Una serie di esperimenti chimici mostra come le particelle solari, scontrandosi con i gas nell’atmosfera primordiale della Terra, possano formare amminoacidi e acidi carbossilici, i mattoni fondamentali delle proteine e della vita organica. I risultati sono stati pubblicati sulla rivista Life. Per comprendere le origini della vita, molti scienziati cercano di spiegare come si sono formati gli amminoacidi, le materie prime da cui si sono formate le proteine e tutta la vita cellulare. La proposta più nota è nata alla fine del 1800, quando gli scienziati hanno ipotizzato che la vita potrebbe essere iniziata in un “piccolo stagno caldo”: una zuppa di sostanze chimiche, energizzate da fulmini, calore e altre fonti di energia, che potrebbero mescolarsi insieme in quantità concentrate per formare molecole organiche.

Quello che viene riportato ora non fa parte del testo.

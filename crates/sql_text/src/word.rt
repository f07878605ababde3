//! Words: a letter or `_`, and letters, digits and `_` behind it, all ASCII.
ghost use Rattle.std.specs.Prelude.{◌≡◌};
ghost use Rattle.std.specs.List.{list_all, prefix_len};
ghost use Rattle.sql_text.specs.Word as words;

/// Returns whether a word may begin with the byte.
pub fn is_letter(byte: u8) -> bool
    ensures { result ≡ words.is_letter byte }
{
    byte.is_ascii_alphabetic() || byte == b'_'
}

/// Returns whether a word may go on with the byte.
pub fn is_word_byte(byte: u8) -> bool
    ensures { result ≡ words.is_word_byte byte }
{
    is_letter(byte) || byte.is_ascii_digit()
}

fn are_word_bytes(bytes: &[u8]) -> bool
    ensures { result ≡ list_all words.is_word_byte bytes.now }
{
    bytes.iter().all(|b| is_word_byte(*b))
}

/// Returns whether the whole text is one word.
#[tactic(auto, using(crate::proofs::WordLists::is_word_first))]
pub fn is_word(text: &[u8]) -> bool
    ensures { result ≡ words.is_word text.now }
{
    match text {
        [] => false,
        [first, others @ ..] => is_letter(*first) && are_word_bytes(others),
    }
}

/// Returns whether a word begins the text.
pub fn begins_word(text: &[u8]) -> bool
    ensures { result ≡ words.begins_word text.now }
{
    match text {
        [] => false,
        [first, ..] => is_letter(*first),
    }
}

// How many bytes at the front may belong to a word.
fn word_len(text: &[u8]) -> usize
    ensures { result ≡ prefix_len words.is_word_byte text.now }
{
    text.iter().take_while(|b| is_word_byte(**b)).count()
}

/// Returns the longest front of bytes that a word may go on with, and what stands behind it. The front is a word where `begins_word`.
pub fn split_word(text: &[u8]) -> (&[u8], &[u8])
    ensures word { result.0.now ≡ words.word_of text.now }
    ensures behind { result.1.now ≡ words.behind_word text.now }
{
    text.split_at(word_len(text))
}
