//! The reserved words.
ghost use Rattle.std.specs.Prelude.{◌≡◌};
ghost use Rattle.sql_text.specs.Key as reserved;

/// The reserved words.
#[derive(Clone, Copy, Debug, PartialEq, Eq)]
pub enum Key {
    CreateKey,
    StreamKey,
    QueryKey,
    AsKey,
    SelectKey,
    DistinctKey,
    FromKey,
    WhereKey,
    AndKey,
    ExplainKey,
    DropKey,
    InKey,
    SharedKey,
    CheckpointKey,
    ResumeKey,
}

/// Returns the reserved word that a word is, in any case of letters.
#[tactic(auto, unfolding(crate::specs::Key::key_of))]
pub fn key_of(word: &[u8]) -> Option<Key>
    ensures { result ≡ reserved.key_of word.now }
{
    if word.eq_ignore_ascii_case(b"CREATE") {
        Some(Key::CreateKey)
    } else if word.eq_ignore_ascii_case(b"STREAM") {
        Some(Key::StreamKey)
    } else if word.eq_ignore_ascii_case(b"QUERY") {
        Some(Key::QueryKey)
    } else if word.eq_ignore_ascii_case(b"AS") {
        Some(Key::AsKey)
    } else if word.eq_ignore_ascii_case(b"SELECT") {
        Some(Key::SelectKey)
    } else if word.eq_ignore_ascii_case(b"DISTINCT") {
        Some(Key::DistinctKey)
    } else if word.eq_ignore_ascii_case(b"FROM") {
        Some(Key::FromKey)
    } else if word.eq_ignore_ascii_case(b"WHERE") {
        Some(Key::WhereKey)
    } else if word.eq_ignore_ascii_case(b"AND") {
        Some(Key::AndKey)
    } else if word.eq_ignore_ascii_case(b"EXPLAIN") {
        Some(Key::ExplainKey)
    } else if word.eq_ignore_ascii_case(b"DROP") {
        Some(Key::DropKey)
    } else if word.eq_ignore_ascii_case(b"IN") {
        Some(Key::InKey)
    } else if word.eq_ignore_ascii_case(b"SHARED") {
        Some(Key::SharedKey)
    } else if word.eq_ignore_ascii_case(b"CHECKPOINT") {
        Some(Key::CheckpointKey)
    } else if word.eq_ignore_ascii_case(b"RESUME") {
        Some(Key::ResumeKey)
    } else {
        None
    }
}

Nel 1953, Stanley Miller dell’Università di Chicago cercò di ricreare in laboratorio queste condizioni primordiali. Miller riempì una camera chiusa con metano, ammoniaca, acqua e idrogeno molecolare – gas ritenuti prevalenti nella prima atmosfera terrestre – e accese ripetutamente una scintilla elettrica per simulare un fulmine. Una settimana dopo, Miller e il suo consulente laureato Harold Urey hanno analizzato il contenuto della camera e hanno scoperto che si erano formati 20 diversi amminoacidi.
“È stata una grande rivelazione“, ha detto Vladimir Airapetian, un astrofisico stellare del Goddard Space Flight Center della NASA a Greenbelt, nel Maryland, e coautore del nuovo articolo. “Dai componenti di base dell’atmosfera della Terra primordiale, puoi sintetizzare queste molecole organiche complesse.” Ma gli ultimi 70 anni hanno complicato questa interpretazione. Gli scienziati ora ritengono che l’ammoniaca (NH3) e il metano (CH4) fossero molto meno abbondanti; invece, l’aria terrestre era piena di anidride carbonica (CO2) e azoto molecolare (N2), che richiedono più energia per essere scomposti. Questi gas possono ancora produrre amminoacidi, ma in quantità notevolmente ridotte. Alla ricerca di fonti energetiche alternative, alcuni scienziati hanno indicato le onde d’urto delle meteore in arrivo. Altri hanno citato la radiazione ultravioletta solare. Airapetian, utilizzando i dati della missione Kepler della NASA, ha indicato una nuova idea: le particelle energetiche del nostro Sole.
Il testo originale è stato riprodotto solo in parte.